MICROBIOLOGICAL ANALYSIS

• Objective: To ensure the marketed product is free of the named/cited microorganisms which could affect the quality of the product and the health of the consumers.
• Planning: Delivery time: 2 weeks.
• Methodology: Total viable count and detection of pathogens.
• Procedure: Count and detection of aerobic mesophilic bacteria, moulds and yeasts and Candida albicans, Escherichia coli, Staphylococcus aureus and Pseudomonas aeruginosa.

CHALLENGE TEST

• Objective: To determine the efficacy of the preservative system of a cosmetic product.
• Planning: The cosmetics are analysed on: Day 0, 7, 14 and 28.
• Methodology: The cosmetic is faced with cultures of 5 pathogens, and the reduction caused to bacterial and fungal populations is assessed over the course of 1 month. Analysis carried out according to ISO 11930.
• Procedure: Inoculate of the microorganisms to the cosmetic product. Follow up after 0 hours, 7, 14, 21 and 28 days. Check the inoculated microorganisms have decreased its population over the process follow-up.

STABILITY

• Short-term stability study: the evaluation of a cosmetic product under conditions of heat stress over three months.
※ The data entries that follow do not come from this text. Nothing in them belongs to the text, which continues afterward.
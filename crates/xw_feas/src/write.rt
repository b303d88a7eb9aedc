//! Writing a list of cells, each with a letter or empty.
ghost use Rattle.std.specs.Prelude.{◌≡◌, ℕ, All, Option, IfErr, OnOk, Ok, Err, Some, None};
ghost use Rattle.xw_grid.specs.declared.cell.Cell.{Cell as SpecCell};
ghost use Rattle.xw_grid.specs.EditLaws.{SameShape};
ghost use Rattle.xw_feas.specs.Shape.{fault_at};
ghost use Rattle.xw_feas.specs.State.{write_list};

use xw_grid::cell::Cell;
use xw_grid::fault::GridFault;
use xw_grid::grid::Grid;
use xw_letters::letter::Letter;

/// Whether a letter can be written into the cell, or why not.
pub(crate) fn judge_cell(grid: &Grid, cell: Cell) -> Result<(), GridFault>
    ensures ok { OnOk result (fault_at grid.now cell ≡ None) }
    ensures refused { IfErr result (λ fault. fault_at grid.now cell ≡ Some fault) }
{
    if !grid.contains(cell) {
        return Err(GridFault::OutOfGrid);
    }
    if grid.is_block(cell) {
        return Err(GridFault::OnBlock);
    }
    Ok(())
}

/// Returns the fault of the first cell of the list that cannot be written.
pub(crate) fn judge_list(grid: &Grid, list: &[(Cell, Option<Letter>)]) -> Result<(), GridFault>
    ensures ok { OnOk result (All (λ (written : SpecCell × Option ℕ). fault_at grid.now written.0 ≡ None) list.now) }
    ensures refused { IfErr result (λ fault. write_list list.now grid.now ≡ Err fault) }
{
    for index in 0..list.len() {
        judge_cell(grid, list[index].0)?;
    }
    Ok(())
}

/// Writes each cell of a list, in order.
pub(crate) fn enter_list(grid: &mut Grid, list: &[(Cell, Option<Letter>)])
    requires { All (λ (written : SpecCell × Option ℕ). fault_at grid.old written.0 ≡ None) list.now }
    ensures written { write_list list.now grid.old ≡ Ok grid.new }
    ensures shape { SameShape grid.old grid.new }
{
    for written in list {
        grid.well_formed();
        let (cell, letter) = *written;
        grid.enter(cell, letter);
    }
}
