impl EngineState {
    ghost use Rattle.xw_feas.specs.EngineState.{state_of};
    ghost use Rattle.xw_feas.specs.Effect.{fields_by, IsCommitted, IsTold, Tells};

    /// The position of a grid and a dictionary. Returns `Memory` if an allocation fails.
    #[tactic(auto, using(crate::proofs::WellFormedLemmas::state_formed))]
    pub fn new(alloc: Global, grid: Grid, bank: Bank) -> Result<EngineState, GridFault>
        ensures state { IfOk result (λ position. state_of position ≡ record { grid = grid; words = bank.words }) }
        ensures memory { IsOkUnless result GridFault.Memory }
    {
        let lights = Lights::of(alloc, &grid)?;
        let noted = make_noted(alloc, &grid)?;
        grid.well_formed();
        bank.well_formed();
        Ok(EngineState {
            grid,
            lights,
            bank,
            notes: Notes::of(noted),
        })
    }

    /// Which kind of edit this is, with what was looked up for it, or the rule's refusal.
    pub fn judge<'a>(&self, edit: &Edit<'a>) -> Result<Pending<'a>, Refusal>
        ensures { IsJudged (state_of self.now) (action_of edit.now) result }
    {
        match *edit {
            Edit::Set(cell, letter) => self.judge_entry(cell, Some(letter)),
            Edit::Clear(cell) => self.judge_entry(cell, None),
            Edit::Place(name, word) => self.judge_place(name, word),
            Edit::Write(list) => self.judge_list(list),
            Edit::Block(cell) => self.judge_shape(ShapeEdit::Block(cell)),
            Edit::Bar(cell, side) => self.judge_shape(ShapeEdit::Bar(cell, side)),
            Edit::Symmetry(kind) => self.judge_symmetry(kind),
            Edit::Add(word, grade) => self.judge_add(word, grade),
            Edit::Strike(word) => self.judge_strike(word),
            Edit::Least(grade) => Ok(Pending::InPlace(InPlace::Least(grade))),
        }
    }

    #[tactic(auto, using(crate::proofs::WriteLemmas::entered_refused))]
    fn judge_entry<'a>(&self, cell: Cell, letter: Option<Letter>) -> Result<Pending<'a>, Refusal>
        ensures { IsJudged (state_of self.now) (entered cell letter) result }
    {
        judge_cell(&self.grid, cell)?;
        Ok(Pending::InPlace(InPlace::Enter(cell, letter)))
    }

    fn judge_place<'a>(&self, name: LightName, word: &'a [u8]) -> Result<Pending<'a>, Refusal>
        ensures { IsJudged (state_of self.now) (word_placed name word.now) result }
    {
        let light = judge_place(&self.lights, name, word)?;
        Ok(Pending::InPlace(InPlace::Place(light, word)))
    }

    fn judge_list<'a>(&self, list: &'a [(Cell, Option<Letter>)]) -> Result<Pending<'a>, Refusal>
        ensures { IsJudged (state_of self.now) (list_written list.now) result }
    {
        judge_list(&self.grid, list)?;
        Ok(Pending::InPlace(InPlace::List(list)))
    }

    fn judge_shape<'a>(&self, edit: ShapeEdit) -> Result<Pending<'a>, Refusal>
        ensures { IsJudged (state_of self.now) (shape_action edit) result }
    {
        match edit {
            ShapeEdit::Block(cell) => self.grid.judge_block(cell)?,
            ShapeEdit::Bar(cell, side) => self.grid.judge_bar(cell, side)?,
        }
        Ok(Pending::Shape(edit))
    }

    fn judge_symmetry<'a>(&self, kind: Symmetry) -> Result<Pending<'a>, Refusal>
        ensures { IsJudged (state_of self.now) (symmetry_chosen kind) result }
    {
        self.grid.judge_symmetry(kind)?;
        Ok(Pending::InPlace(InPlace::Symmetry(kind)))
    }

    fn judge_add<'a>(&self, word: &'a [u8], grade: Option<u8>) -> Result<Pending<'a>, Refusal>
        ensures { IsJudged (state_of self.now) (word_added word.now grade) result }
    {
        Ok(match self.bank.judge_add(word)? {
            Added::New(_) => Pending::New(word, grade),
            Added::Returned(index) => Pending::InPlace(InPlace::Return(word, grade, index)),
        })
    }

    fn judge_strike<'a>(&self, word: &'a [u8]) -> Result<Pending<'a>, Refusal>
        ensures { IsJudged (state_of self.now) (word_struck word.now) result }
    {
        let index = self.bank.judge_strike(word)?;
        Ok(Pending::InPlace(InPlace::Strike(word, index)))
    }

    /// Makes an edit that needs no memory.
    pub fn commit(&mut self, edit: &InPlace<'_>)
        requires { IsInPlace (state_of self.old) edit.now }
        ensures { IsCommitted self.old self.new (in_place_action (state_of self.old) edit.now) }
    {
        if self.keeps(edit) {
            self.notes.note_nothing();
            return;
        }
        match *edit {
            InPlace::Enter(cell, letter) => self.enter(cell, letter),
            InPlace::Place(light, word) => self.place(light, word),
            InPlace::List(list) => self.write(list),
            InPlace::Symmetry(kind) => self.choose_symmetry(kind),
            InPlace::Return(word, grade, index) => self.bring_back(word, grade, index),
            InPlace::Strike(word, index) => self.strike(word, index),
            InPlace::Least(grade) => self.limit(grade),
        }
    }

    /// Writes a letter into a cell, or empties it.
    #[tactic(auto, using(crate::proofs::WellFormedLemmas::state_formed))]
    pub fn enter(&mut self, cell: Cell, letter: Option<Letter>)
        requires { fault_at self.old.grid cell ≡ None }
        ensures made { after (state_of self.old) (entered cell letter) ≡ Ok (state_of self.new) }
        ensures lights { self.new.lights ≡ self.old.lights }
        ensures words { self.new.bank.words ≡ self.old.bank.words }
        ensures shape { SameShape self.old.grid self.new.grid }
        ensures effect { self.new.notes.effect ≡ Effect.Cells }
        ensures told { Tells (state_of self.old) (entered cell letter) (fields_by self.new.lights self.new.notes Effect.Cells) }
    {
        self.notes.written.note_cell(&self.grid, cell);
        self.grid.enter(cell, letter);
        self.grid.well_formed();
        self.notes.effect = Effect::Cells;
    }

    /// Whether an edit writes the entry that is there.
    fn keeps(&self, edit: &InPlace<'_>) -> bool
        ensures { result ≡ true → IsInPlace (state_of self.now) edit.now → after (state_of self.now) (in_place_action (state_of self.now) edit.now) ≡ Ok (state_of self.now) }
    {
        match *edit {
            InPlace::Enter(cell, letter) => !is_changed(&self.grid, cell, letter),
            _ => false,
        }
    }

    /// Writes a word into a light, by the light's index.
    #[tactic(auto, using(crate::proofs::WellFormedLemmas::state_formed))]
    fn place(&mut self, light: usize, word: &[u8])
        requires { CanPlace (state_of self.old) light word.now }
        ensures { IsCommitted self.old self.new (word_placed (light_of (state_of self.old) light).name word.now) }
    {
        self.notes
            .written
            .note_index(&self.grid, &self.lights, light);
        self.notes.effect = Effect::Cells;
        enter_word(&mut self.grid, &self.lights, light, word);
    }

    /// Writes a list of cells.
    #[tactic(auto, using(crate::proofs::WellFormedLemmas::state_formed))]
    fn write(&mut self, list: &[(Cell, Option<Letter>)])
        requires { All (λ (written : SpecCell × Option ℕ). fault_at self.old.grid written.0 ≡ None) list.now }
        ensures { IsCommitted self.old self.new (list_written list.now) }
    {
        self.notes.note_all(&self.grid);
        enter_list(&mut self.grid, list);
        self.grid.well_formed();
        let count = self.notes.keep_changed(&self.grid);
        self.notes.effect = Effect::List(count);
    }

    /// Sets the symmetry.
    #[tactic(auto, using(crate::proofs::WellFormedLemmas::state_formed))]
    fn choose_symmetry(&mut self, kind: Symmetry)
        requires { IsOk (set_symmetry self.old.grid kind) }
        ensures { IsCommitted self.old self.new (symmetry_chosen kind) }
    {
        self.grid.choose_symmetry(kind);
        self.grid.well_formed();
        self.notes.effect = Effect::Nothing;
    }

    /// Makes a known word active again.
    #[tactic(auto, using(crate::proofs::WellFormedLemmas::state_formed))]
    fn bring_back(&mut self, word: &[u8], grade: Option<u8>, index: usize)
        requires { add_answer self.old.bank.words word.now ≡ Ok (Returned index) }
        ensures { IsCommitted self.old self.new (word_added word.now grade) }
    {
        let len = word.len();
        self.bank.return_at(len, index, grade);
        self.bank.well_formed();
        self.notes.effect = Effect::Word(len, index);
    }

    /// Strikes a word.
    #[tactic(auto, using(crate::proofs::WellFormedLemmas::state_formed))]
    fn strike(&mut self, word: &[u8], index: usize)
        requires { strike_answer self.old.bank.words word.now ≡ Ok index }
        ensures { IsCommitted self.old self.new (word_struck word.now) }
    {
        let len = word.len();
        self.bank.strike_at(len, index);
        self.bank.well_formed();
        self.notes.effect = Effect::Word(len, index);
    }

    /// Leaves out the words below a grade.
    #[tactic(auto, using(crate::proofs::WellFormedLemmas::state_formed))]
    fn limit(&mut self, grade: u8)
        ensures { IsCommitted self.old self.new (least_chosen grade) }
    {
        self.notes.turned = turned_lengths(&self.bank, grade);
        let before = self.bank.least();
        limit_in(&mut self.bank, grade);
        self.notes.effect = Effect::Least(self.bank.least() < before);
    }

    /// Makes an edit of the shape, with the grid and the lights after it.
    #[tactic(auto, using(crate::proofs::WellFormedLemmas::state_formed))]
    pub fn reshape(&mut self, edit: &ShapeEdit, grid: Grid, lights: Lights)
        requires made { grid_after self.old.grid (shape_action edit.now) ≡ Ok grid }
        requires lights { lights ≡ lights_of grid }
        requires cells { length grid.squares ≡ length self.old.grid.squares }
        ensures made { after (state_of self.old) (shape_action edit.now) ≡ Ok (state_of self.new) }
        ensures state { state_of self.new ≡ record { grid = grid; words = self.old.bank.words } }
        ensures lights { self.new.lights ≡ lights }
        ensures effect { self.new.notes.effect ≡ Effect.Shape (lights_of self.old.grid) }
        ensures told { IsTold (state_of self.old) self.new (shape_action edit.now) }
    {
        self.notes.written.note_shape(&self.grid, edit);
        grid.well_formed();
        self.grid = grid;
        self.notes.effect = Effect::Shape(std::mem::replace(&mut self.lights, lights));
    }

    /// Adds a word that is not known, in reserved room.
    #[tactic(auto, using(crate::proofs::WellFormedLemmas::state_formed))]
    pub fn append(&mut self, word: &[u8], grade: Option<u8>)
        requires new { IsNew (add_answer self.old.bank.words word.now) }
        requires room { has_room self.old.bank (length word.now) ≡ true }
        ensures made { after (state_of self.old) (word_added word.now grade) ≡ Ok (state_of self.new) }
        ensures grid { self.new.grid ≡ self.old.grid }
        ensures lights { self.new.lights ≡ self.old.lights }
        ensures counts { GrowsAt self.old.bank.words self.new.bank.words (length word.now) }
        ensures effect { self.new.notes.effect ≡ Effect.Word (length word.now) (length (known_words self.old.bank.words (length word.now))) }
        ensures told { IsTold (state_of self.old) self.new (word_added word.now grade) }
    {
        let index = add_in(&mut self.bank, word, grade);
        self.notes.effect = Effect::Word(word.len(), index);
    }

    /// Places a known word in a light, both by index.
    #[tactic(auto, using(crate::proofs::WellFormedLemmas::state_formed))]
    pub fn place_known(&mut self, light: usize, index: usize)
        requires light { light < length (lights_of self.old.grid) }
        requires index { index < known_count (state_of self.old) light }
        ensures made { after (state_of self.old) (known_placed (state_of self.old) light index) ≡ Ok (state_of self.new) }
        ensures words { self.new.bank.words ≡ self.old.bank.words }
        ensures shape { SameShape self.old.grid self.new.grid }
        ensures effect { self.new.notes.effect ≡ Effect.Cells }
        ensures told { Tells (state_of self.old) (known_placed (state_of self.old) light index) (fields_by self.new.lights self.new.notes Effect.Cells) }
    {
        self.notes
            .written
            .note_index(&self.grid, &self.lights, light);
        self.notes.effect = Effect::Cells;
        place_known(&mut self.grid, &self.lights, &self.bank, light, index);
    }

    /// A copy of the grid with an edit of its shape, and its lights. Returns `Memory` if an allocation fails.
    pub fn shaped(&self, alloc: Global, edit: &ShapeEdit) -> Result<(Grid, Lights), GridFault>
        requires { IsOk (grid_after self.now.grid (shape_action edit.now)) }
        ensures ok { IfOk result (λ shaped. grid_after self.now.grid (shape_action edit.now) ≡ Ok shaped.0) }
        ensures lights { IfOk result (λ shaped. shaped.1 ≡ lights_of shaped.0) }
        ensures cells { IfOk result (λ shaped. length shaped.0.squares ≡ length self.now.grid.squares) }
        ensures memory { IsOkUnless result GridFault.Memory }
    {
        let mut grid = self.grid.copy()?;
        reshape(&mut grid, edit);
        let lights = Lights::of(alloc, &grid)?;
        Ok((grid, lights))
    }

    /// Replaces the grid, its lights and the space for its entries.
    #[tactic(auto, using(crate::proofs::WellFormedLemmas::state_formed))]
    pub fn replace(&mut self, grid: Grid, lights: Lights, noted: Vec<(Cell, Option<Letter>)>)
        requires lights { lights ≡ lights_of grid }
        requires room { length noted.items ≡ length grid.squares }
        ensures { state_of self.new ≡ record { grid = grid; words = self.old.bank.words } }
    {
        grid.well_formed();
        self.grid = grid;
        self.lights = lights;
        self.notes.noted = noted;
    }

    /// Exchanges the grid for one of the same shape.
    #[tactic(auto, using(crate::proofs::WellFormedLemmas::state_formed))]
    pub fn exchange(&mut self, grid: &mut Grid)
        requires { SameShape self.old.grid grid.old }
        ensures now { state_of self.new ≡ record { grid = grid.old; words = self.old.bank.words } }
        ensures before { grid.new ≡ self.old.grid }
    {
        grid.well_formed();
        std::mem::swap(&mut self.grid, grid);
    }

    /// Makes the grid equal to one of the same shape.
    #[tactic(auto, using(crate::proofs::WellFormedLemmas::state_formed))]
    pub fn copy_grid(&mut self, grid: &Grid)
        requires { SameShape self.old.grid grid.now }
        ensures { state_of self.new ≡ record { grid = grid.now; words = self.old.bank.words } }
    {
        grid.well_formed();
        self.grid.copy_from(grid);
    }

    /// Chooses the least grade of an active word.
    #[tactic(auto, using(crate::proofs::WellFormedLemmas::state_formed))]
    pub fn choose_least(&mut self, least: u8)
        ensures { state_of self.new ≡ record { grid = self.old.grid; words = with_least least self.old.bank.words } }
    {
        limit_in(&mut self.bank, least);
    }

    /// Reserves room for a word that is not known. Returns `Memory` if an allocation fails.
    pub fn reserve(&mut self, word: &[u8]) -> Result<(), WordFault>
        requires { IsNew (add_answer self.old.bank.words word.now) }
        ensures grid { self.new.grid ≡ self.old.grid }
        ensures lights { self.new.lights ≡ self.old.lights }
        ensures words { self.new.bank.words ≡ self.old.bank.words }
        ensures room { OnOk result (has_room self.new.bank (length word.now) ≡ true) }
        ensures memory { IsOkUnless result WordFault.Memory }
    {
        self.bank.well_formed();
        self.bank.reserve(word.len())
    }
}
Predicts the theoretical product life.

COMPATIBILITY

• Compatibility test must be carried out on the final product and container, as a complement to the stability test, to detect interactions between the container and the product that could change the nature of the the product or compromise the safety of the product.

HYDRATION EFFICACY

• Verification of the degree and duration of hydration from a cosmetic product.
• Measurement of hydration using a Corneometer.
• Includes subjective evaluation by consumers.

FIRMING EFFICACY

• Verification of the firming efficacy (tensor and toning effect).
• Measurement of the tensor or toning effect using a Cutometer (elasticity).
• Includes subjective evaluation by consumers.

ANTI-AGEING EFFICACY

• Verification of the anti-ageing efficacy: tensor effect, hydration, reduction of wrinkles.
• Measurement of elasticity using a Cutometer, of hydration effect using a Corneometer and confirmation of wrinkle reduction using high-definition photographs.
• Includes subjective evaluation by consumers.

SEBUM REGULATOR

• Verification of the regulation of sebum secretion
• Measurement of sebum secretion using a Sebumeter, and of sebaceous glands using MSA pro / Sebutape.
• Includes subjective evaluation by consumers.

ANTI-DARK CIRCLE EFFICACY

• Verification of the reduction in dark circles.
• Visual clinical evaluation by the investigator and visual analogue scales by the volunteer.
• Includes subjective evaluation by consumers.

ASTRINGENT EFFICACY

• Verification of the reduction in dilated pores.
• Visual clinical evaluation by the investigator and visual analogue scales by the volunteer.
• Includes subjective evaluation by consumers.

DERMO-PROTECTOR EFFICACY

• Verification of facial skin protection.
• Evaluation through measurements of barrier function by TEWL (transepidermal water loss), degree of hydration (Corneometer), cutaneous pH, and evaluation of reddening and of skin softness through visual assessment by the investigator.